SALT LAKE CITY — It's easy to say "no comment" when two national reporters show up at your office with questions about a star athlete who had a serious run-in with the law.
But football coach Dave Peck didn't think he had anything to hide, and when veteran journalists Jeff Benedict and Armen Keteyian left Bingham High School, they took with them a different side of the story.
The reporters came knowing that lineman Viliseni Fauonuku helped lead the Miners to a 13-0 season and the state 5A championship last fall. They knew he was being recruited by the University of Utah. And they also knew that Fauonuku had been charged with aggravated robbery for holding a gun in the faces of several teenagers while his cousin stole drugs and wallets.
For them, the teen star was a prime example of the issue they were examining: college football players recruited by colleges that usually fail to seek out, or choose to ignore, criminal backgrounds.
For six months, Benedict, Keteyian and a team of all-stars from Sports Illustrated and CBS News dug through criminal backgrounds of 2,837 athletes from the top 25 preseason college teams.
In their special report, "Criminal Records in College Football," published today in Sports Illustrated, on SI.com, CBS.com and on the "CBS Evening News with Katie Couric," the team reveals their findings that 7 percent of players, about 1 in 14, had a criminal history that ranged from drug possession to violent assault.
And Fauonuku is one of those players.
Peck told the Deseret News Thursday that initially he knew very little about Fauonuku's case, only discovering how serious it was months later, and even then with spotty details.
Instead, last spring and summer he was focused on "Seni" as a person, not a football player. And Seni was struggling, emotionally devastated after the death of his young nephew.
"I really like Seni, I think he's a great kid, and I know he made a huge mistake," Peck said. "I can't explain why, but he was in the lowest state he could be in. We just tried to be some adults in his life who tried to care about him."
Fauonuku was suspended for two games, and Peck knows some people accuse him and Bingham High School of trying to pull strings to keep Fauounku on the team, in school or to resolve his case. Peck immediately dismisses those. The coach never once talked with an officer, an attorney or a prosecutor. He was simply focused on his players and the increasing attention and demands of a winning team.
Fauonuku was sentenced in juvenile court in November to a lesser charge of robbery, put on probation and ordered to complete 125 hours of community service. After his probation ends, his charge will be reduced from a felony to a "delinquent act," according to CBSNews.com.
"We're just trying to make a difference with the kids we're with," Peck said. "Do we always make the best decisions? We probably don't, but none of us are out there trying to make bad decisions. We're doing it because we love what we do and we're trying to help kids. That's the bottom line."
"Everybody makes mistakes, we all make them," said Brad Bevan, Bingham High School's Athletic Director. "When you give up on a young man or woman because of something in their background … there goes your chance to influence them in a positive way.
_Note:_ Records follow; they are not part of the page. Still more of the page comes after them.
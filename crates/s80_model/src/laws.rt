// What the definitions of the model say together.
ghost use Rattle.std.specs.Prelude.{◌≡◌, All, List};
ghost use Rattle.s80_model.specs.declared.item.SessionItem.{SessionItem};
ghost use Rattle.s80_model.specs.Asked.{Ask, IsTimed};
ghost use Rattle.s80_model.specs.Replies.{AllAsk, AsksIn, Work};

use s80_doit::a_doit_is_told_one_thing;
use s80_fileout::there_is_one_moment;

/// An item asks one thing, and so do items one after another: the replies to an input are one list of bytes. For a file of changes that is so
/// where the clock is told.
pub fn one_ask()
    ensures one { (work : Work) (item : SessionItem) (ask other : Ask) → IsTimed work.settings item → AsksIn work item ask → AsksIn work item other → other ≡ ask }
    ensures all { (work : Work) (items : List SessionItem) (asks others : List Ask) → All (IsTimed work.settings) items → AllAsk work items asks → AllAsk work items others → others ≡ asks }
{
    a_doit_is_told_one_thing();
    there_is_one_moment();
}
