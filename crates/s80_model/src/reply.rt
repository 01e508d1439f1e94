// What an item is answered.
ghost use Rattle.std.specs.Prelude.{◌≡◌, None};

use crate::section::Section;
use s80_base::Text;
use s80_form::Refusal;

/// What an item is answered.
#[derive(Debug, Drop)]
pub enum Reply {
    /// Nothing: a section begins or ends, or the item stands in one that is passed over.
    Silent,
    /// The change was kept.
    Accepted,
    /// The doIt was kept and evaluated: what it is told, and whether its run was stopped.
    Evaluated { lines: Text, stopped: bool },
    Refused(Refusal),
    /// These lines.
    Told(Text),
}

/// What an item is answered, and the section in which the next item stands where that is another one.
#[derive(Debug, Drop)]
pub struct Answer {
    pub reply: Reply,
    pub section: Option<Section>,
}

impl Answer {
    /// The section stays.
    pub fn staying(reply: Reply) -> Self
        ensures { result ≡ record { reply = reply; section = None } }
    {
        Answer {
            reply,
            section: None,
        }
    }
}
And that's what some of these coaches can do."
But the investigative report revealed that far too few of the coaches and colleges even know that there's something amiss in their players' backgrounds.
"Given what's available and what's at stake, (I was most surprised) at how little schools know, and how little they dig into the backgrounds of the kids they're bringing onto campus," said Keteyian, CBS News' chief investigative correspondent and former reporter for Sports Illustrated.